Wash Floor with degreaser
Etch
Mop wash
24-48 hour dry time
apply epoxy ...add in anti slip and sprinkles

I have never had a problem with this system ...no tire lift at all.


----------



## HomeGuardPaints (Jan 17, 2008)

concrete grinders relatively easy to use, but you can only get within 8 inches of the walls so you will need to use your grinder for the extra.


----------



## vermontpainter (Dec 24, 2007)

NEP

Not to get off topic, but would you believe me if I told you that I even brush these with my 2" Purdy? I get a sweet cross hatch decorative pattern. I go through alot of knee pads.


----------



## tsunamicontract (May 3, 2008)

what the heck is that Scott? I know BM just sent out a flier saying they have a concrete grinder for rent. Is grinding that beneficial? 
After you etch with acid you need to neutralize it with something basic. Like soap or baking soda. Why power wash before degreasing. I just sweep it out, hose it down to get it wet and then splash on degreaser and start scrubbing. I wonder if a scrubbing machine (like for floors) would work better and deck brushes? I always squeegee the floor to dry it faster. I like to have one person on the PW and one on the squeegee, gets it super clean and dry really fast. Over night drying, patch (the rustoleum patch is impossible to get smooth with a knife, is there a better tool or a better product to use?), let dry for I think it says another 8 hours, then coat.


----------



## PinnacleResidential (Aug 10, 2008)

I just get nervous about tire pick up. Since using this system, I have never had the issue.

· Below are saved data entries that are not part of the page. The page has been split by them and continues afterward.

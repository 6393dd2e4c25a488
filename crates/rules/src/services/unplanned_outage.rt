// Service 8: unplanned outage of coal and gas units, charged by power stopped and by time.
ghost use Rattle.rules.specs.Services.{answer, unplanned_outage};
ghost use Rattle.rules.specs.Bounds.{answer_bounded};

use crate::account::Account;
use crate::ceiling::up_to_ceiling;
use crate::division::quotient;
use crate::facts::Facts;
use crate::kind::Kind;
use crate::refusal::Refusal;
use crate::rule::Rule;

// Two days: no minute beyond them counts.
const MOST_MINUTES: u32 = 2_880;

#[derive(Clone, Copy, Debug, PartialEq, Eq)]
pub struct UnplannedOutage;

impl Rule for UnplannedOutage {
    ghost meaning = { λ _ facts. answer unplanned_outage facts };

    ghost bounded = { λ rule facts. answer_bounded unplanned_outage facts };

    fn ask(&self, facts: &Facts) -> Result<(Account, u32), Refusal> {
        facts.check(8, &[Kind::Coal, Kind::Gas])?;
        if facts.x < 1 || !(0..=44_640).contains(&facts.y) {
            return Err(Refusal::OutOfRange);
        }
        let stopped = facts.x as u32;
        if stopped > facts.capacity {
            return Err(Refusal::OutOfRange);
        }
        let minutes = (facts.y as u32).min(MOST_MINUTES);
        let for_time = quotient(facts.capacity as u64 * minutes as u64, 30);
        up_to_ceiling(Account::Charges, stopped as u64 * 40 + for_time)
    }
}
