// Service 7: charging of storage at the grid's call.
ghost use Rattle.rules.specs.Services.{answer, storage_charging};
ghost use Rattle.rules.specs.Bounds.{answer_bounded};

use crate::account::Account;
use crate::ceiling::up_to_ceiling;
use crate::facts::Facts;
use crate::kind::Kind;
use crate::refusal::Refusal;
use crate::rule::Rule;

#[derive(Clone, Copy, Debug, PartialEq, Eq)]
pub struct StorageCharging;

impl Rule for StorageCharging {
    ghost meaning = { λ _ facts. answer storage_charging facts };

    ghost bounded = { λ rule facts. answer_bounded storage_charging facts };

    fn ask(&self, facts: &Facts) -> Result<(Account, u32), Refusal> {
        facts.check(7, &[Kind::Storage])?;
        if facts.x < 0 || facts.y != 0 {
            return Err(Refusal::OutOfRange);
        }
        up_to_ceiling(Account::First, facts.x as u64 * 30)
    }
}
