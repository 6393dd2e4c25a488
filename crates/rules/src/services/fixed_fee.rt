// Service 9: fixed fees, by code.
ghost use Rattle.rules.specs.Services.{answer, fixed_fee};
ghost use Rattle.rules.specs.Bounds.{answer_bounded};

use crate::account::Account;
use crate::ceiling::up_to_ceiling;
use crate::facts::Facts;
use crate::kind::PLANTS;
use crate::refusal::Refusal;
use crate::rule::Rule;

// The fees in yuan, codes 1 to 8.
const FEES: [u32; 8] = [
    100_000, 50_000, 20_000, 10_000, 5_000, 20_000, 10_000, 5_000,
];

const FEN_A_YUAN: u64 = 100;

#[derive(Clone, Copy, Debug, PartialEq, Eq)]
pub struct FixedFee;

impl Rule for FixedFee {
    ghost meaning = { λ _ facts. answer fixed_fee facts };

    ghost bounded = { λ rule facts. answer_bounded fixed_fee facts };

    fn ask(&self, facts: &Facts) -> Result<(Account, u32), Refusal> {
        facts.check(9, &PLANTS)?;
        if !(1..=8).contains(&facts.x) || facts.y != 0 {
            return Err(Refusal::OutOfRange);
        }
        up_to_ceiling(
            Account::Charges,
            FEN_A_YUAN * FEES[facts.x as usize - 1] as u64,
        )
    }
}
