// Service 4: start and stop of coal and gas units.
ghost use Rattle.std.specs.Prelude.{◌≡◌, if◌then◌else◌, nat_le};
ghost use Rattle.rules.specs.declared.kind.Kind.TheVariants.{Gas};
ghost use Rattle.rules.specs.Kinds.{is};
ghost use Rattle.rules.specs.Services.{answer, start_stop};
ghost use Rattle.rules.specs.Bounds.{answer_bounded};

use crate::account::Account;
use crate::ceiling::up_to_ceiling;
use crate::facts::Facts;
use crate::kind::Kind;
use crate::refusal::Refusal;
use crate::rule::Rule;

#[derive(Clone, Copy, Debug, PartialEq, Eq)]
pub struct StartStop;

// Fen a kW: gas, coal to 100,000 kW, larger coal.
fn price(kind: Kind, capacity: u32) -> u8
    ensures { result ≡ (if is Gas kind then 10 else (if nat_le capacity 100_000 then 80 else 200)) }
{
    match kind {
        Kind::Gas => 10,
        _ if capacity <= 100_000 => 80,
        _ => 200,
    }
}

impl Rule for StartStop {
    ghost meaning = { λ _ facts. answer start_stop facts };

    ghost bounded = { λ rule facts. answer_bounded start_stop facts };

    fn ask(&self, facts: &Facts) -> Result<(Account, u32), Refusal> {
        facts.check(4, &[Kind::Coal, Kind::Gas])?;
        if facts.x != 0 || facts.y != 0 {
            return Err(Refusal::OutOfRange);
        }
        let price = price(facts.kind, facts.capacity);
        up_to_ceiling(Account::First, facts.capacity as u64 * price as u64)
    }
}
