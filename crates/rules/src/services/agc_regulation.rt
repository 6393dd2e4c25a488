// Service 1: regulation by automatic generation control.
ghost use Rattle.std.specs.Prelude.{◌≡◌, ◌*◌, ◌≤◌, MatchResult};
ghost use Rattle.rules.specs.declared.refusal.Refusal.TheVariants.{OutOfRange};
ghost use Rattle.rules.specs.Division.{quotient};
ghost use Rattle.rules.specs.Services.{answer, agc_regulation};
ghost use Rattle.rules.specs.Bounds.{answer_bounded};

use crate::account::Account;
use crate::ceiling::up_to_ceiling;
use crate::division::quotient;
use crate::facts::Facts;
use crate::kind::PLANTS;
use crate::refusal::Refusal;
use crate::rule::Rule;

// The rate is 1 to 100 yuan per MW.
#[derive(Clone, Copy, Debug, PartialEq, Eq)]
pub struct AgcRegulation {
    pub(crate) rate: u32,
    ghost limits: { (1 ≤ rate) × (rate ≤ 100) },
}

impl AgcRegulation {
    // A rate outside 1 to 100 is refused with 4.
    pub fn new(rate: u32) -> Result<AgcRegulation, Refusal>
        ensures { MatchResult result (λ rule. rule.rate ≡ rate) (λ e. (e ≡ OutOfRange) × ¬ ((1 ≤ rate) × (rate ≤ 100))) }
    {
        if !(1..=100).contains(&rate) {
            return Err(Refusal::OutOfRange);
        }
        Ok(AgcRegulation { rate })
    }

    fn amount(&self, x: u32, y: u32) -> u64
        requires x { x ≤ 4_000_000 }
        requires y { y ≤ 2_000 }
        ensures { result ≡ quotient (x * y * self.now.rate) 10_000 }
    {
        quotient(x as u64 * y as u64 * self.rate as u64, 10_000)
    }
}

impl Rule for AgcRegulation {
    ghost meaning = { λ rule facts. answer (agc_regulation rule.rate) facts };

    ghost bounded = { λ rule facts. answer_bounded (agc_regulation rule.rate) facts };

    fn ask(&self, facts: &Facts) -> Result<(Account, u32), Refusal> {
        facts.check(1, &PLANTS)?;
        let x = facts.x.unsigned_abs();
        let y = facts.y.unsigned_abs();
        match facts.y {
            -2000..=-1 => up_to_ceiling(Account::Charges, self.amount(x, y)),
            0..=899 => up_to_ceiling(Account::First, 0),
            900..=2000 => up_to_ceiling(Account::First, self.amount(x, y)),
            _ => Err(Refusal::OutOfRange),
        }
    }
}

Actually, the first time I did it was to my own garage - New Stuff I like to test myself rather than testing on my client's property. When my floor peeled, I used about 6 coats of stripper to get the old stuff off, grinded the rest off, and used this procedure. I know it seems excessive (I have never seen a label that required all that prep) but it makes my feel warm and snuggly inside knowing I could eat off of that floor before I apply epoxy. 

This H&C stuff, where do you purchase? And do they recommend grinding? The one concrete supplier that is known as the best in my area told me never to trust muratic acid over oil stains - He said better safe than sorry so I have instilled my trust in him and it has paid off. I don't mind the little extra work (I charge by the hour) but am curious about where to get a grinder. I don't need a drive behind (it's just a two car garage) but just a simple walk-behind would work fine.


----------



## NEPS.US (Feb 6, 2008)

vermontpainter said:


> NEP
> 
> Not to get off topic, but would you believe me if I told you that I even brush these with my 2" Purdy? I get a sweet cross hatch decorative pattern. I go through alot of knee pads.


no sprinkles?


----------



## PinnacleResidential (Aug 10, 2008)

I wonder if brushing is a benefit because is helps the epoxy get into the pores and rough surfaces in the concrete? You know, like cedar siding and decks. Maybe I'm off base but it seems to make sense


----------



## PinnacleResidential (Aug 10, 2008)

Like I said, I may be wasting extra time by starting with power washing but it's the method I use because it's what worked for me when I did mine. There is one other thing too, By power washing everything off to begin with, I know what was just a light dirty spot that cleans right up and I know what areas will need special attention.


----------



## NEPS.US (Feb 6, 2008)

See how civil we are now.......

H&C is available at SW ... they have some good stock colors .. Brick Red, Pewter and a beige. Have you looked into getting a floor surfacer for your powerwasher? I am in the middle of ordering one this week from my SW rep. I have to strip a few garages from another painter who used a crappy latex one part concrete paint....$800 buck for the surfacer. Muralo has a nice kit as well. $75 bucks but no sprinkles or grip included and you need 2 coats. The H&C covers great (1 bay per mixed gallon) with a brush and thick nap 9". By far the best I've used. For $100 a gallon it better be.


----------



## johnthepainter (Apr 1, 2008)

i always grind them nowdays

ive rented 2 different types of grinders

both have been orbital with different types of heads/attachments

my rental co's charge me $100 for the day (typically $150) for the machine

the heads are wear items and cost an additional $35-$50

the results vary greatly between heads,,,,,,,,the scarifier will do a fair ammount of resurfacing/levelling, and adding a considerable ammount of tooth to the floor

one of the heads does a particularly good job of removing old coatings

i can get within 2-3" of the wall with theses machines

as much as i like to use these machines, i was mesmerized by the shot blasters at a pro show,,,,,,,

check out micro-toppings for concrete finishing, and acid stains also,,,,,,,,,the possibilities are endless


----------



## timhag (Sep 30, 2007)

NEPS.US said:


> See how civil we are now.......
> 
> .


:thumbsup::thumbup::thumbsup::thumbup: Welcome brother.


----------



## NEPS.US (Feb 6, 2008)

johnthepainter said:


> i always grind them nowdays
> 
> ive rented 2 different types of grinders
> 
> ...


Hey JOhn ....when you grind them how much of the concrete are you cutting in to? Do you skip all washing steps?


----------



## johnthepainter (Apr 1, 2008)

i havnt done (and probably wouldnt do if asked) a really greasy floor

the floors i have done have been in good condition (most of them are immaculate)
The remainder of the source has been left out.